# Anyone use Sigma 18-250mm F3.5-6.3 DC Macro OS HSM?



## Scarpz13 (Feb 5, 2013)

Hello
Anyone have any experience/sample images with this lens? I know it is probably not great; but B&H has it on for $399 on sale. Thought it might be ok to stick on my 60D for when the family goes to amusement parks, zoo, etc, for when I don't want to change lenses or carry a large kit.

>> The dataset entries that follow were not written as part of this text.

//! What a port tells.

use irig_frame::FrameFault;
use irig_time::{Claim, TimeFault};

/// What is wrong with what a port heard.
///
/// The first fault is told, in the order: length and elements of the frame, parity, fields of the
/// frame, straight binary seconds, time.
#[derive(Clone, Copy, PartialEq, Eq)]
pub enum PortFault {
    /// The symbols are no frame, or one of its fields is wrong.
    Frame(FrameFault),
    /// The frame has not the parity that the rules say.
    Parity,
    /// The straight binary seconds are compared, and belong to another second of the day.
    Sbs,
    /// The time that the frame codes is no second of UTC.
    Time(TimeFault),
    /// The frame claims a second before the first day that may be claimed.
    Early,
}

/// What a port tells at an edge.
#[derive(Clone, Copy, PartialEq, Eq)]
pub enum Told {
    /// There was no pulse.
    Silence,
    /// What the pulses said is wrong.
    Fault(PortFault),
    /// The frame is right, but its time quality, 10 to 15, gives it no vote.
    ///
    /// That 10 is the first of these is this project's profile of IEEE 1344-1995.
    Poor(u8),
    /// The frame claims a second of UTC.
    Claim(Claim),
}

Thanks for your two cents!


----------



## CanNotYet (Feb 5, 2013)

http://www.bhphotovideo.com/c/product/889965-REG/Canon_PowerShot_SX50HS_Digital_Camera.html

Only 30$ extra...  ...and weighs less than the lens alone.


----------



## Rienzphotoz (Feb 5, 2013)

Scarpz13 said:


> Hello
> Anyone have any experience/sample images with this lens? I know it is probably not great; but B&H has it on for $399 on sale. Thought it might be ok to stick on my 60D for when the family goes to amusement parks, zoo, etc, for when I don't want to change lenses or carry a large kit.
> 
> Thanks for your two cents!


I used Sigma 18-250 OS a few years ago on Canon 500D ... not bad at all, if you are not a pixel peeper, its a decent lens and good value for money. I'll try and pull out some photos made with that lens.


----------



## emag (Feb 5, 2013)

I agree with CanNotYet. I also have a 60D and agree it would be nice to have that 18-250 for the same reasons and situations you mention. For my money, I'd rather pick up the SX50 instead. For just a few dollars more, you get a very capable camera with some interesting features. I'd have a lot more use for the SX50 than I would for that lens.


----------



## Rienzphotoz (Feb 5, 2013)

When it comes to image quality, SX50 is no match to 60D + 18-250 OS
SX50 also has shutter lag ... if you are used to 60D shutter responsiveness you will not like the lag in SX50, as the difference in lag is significant to he point of frustration.
But if you don't care about image quality, SX50 is more convenient than 60D+18-250 OS


----------



## skycolt (Feb 5, 2013)

I bought the lens 3 months ago @550 and didn't regret having that. I used tamron 18-270 vzd before. This lens is smaller, lighter and sharper, at least on the long end. It stick on my 7D for my daily use. It has macro mode, which I like very much. Sharpness could be similar to 55-250. I don't have that lens anymore so no real comparison. The problem is that focus is not very fast, and my lens does need -11 MA to be sharp.



Scarpz13 said:


> Hello
> Anyone have any experience/sample images with this lens? I know it is probably not great; but B&H has it on for $399 on sale. Thought it might be ok to stick on my 60D for when the family goes to amusement parks, zoo, etc, for when I don't want to change lenses or carry a large kit.
> 
> Thanks for your two cents!


----------



## CanNotYet (Feb 5, 2013)

Rienz: you are quite correct in the IQ and responsiveness comments. But, I would argue that the use the OP is suggesting for their setup, lends itself very well for the SX50. Usually daylight photos, not often fast moving objects, and I would like the possibility to get a close-up at the top of the rollercoaster, just before the first drop, all while standing on the ground. 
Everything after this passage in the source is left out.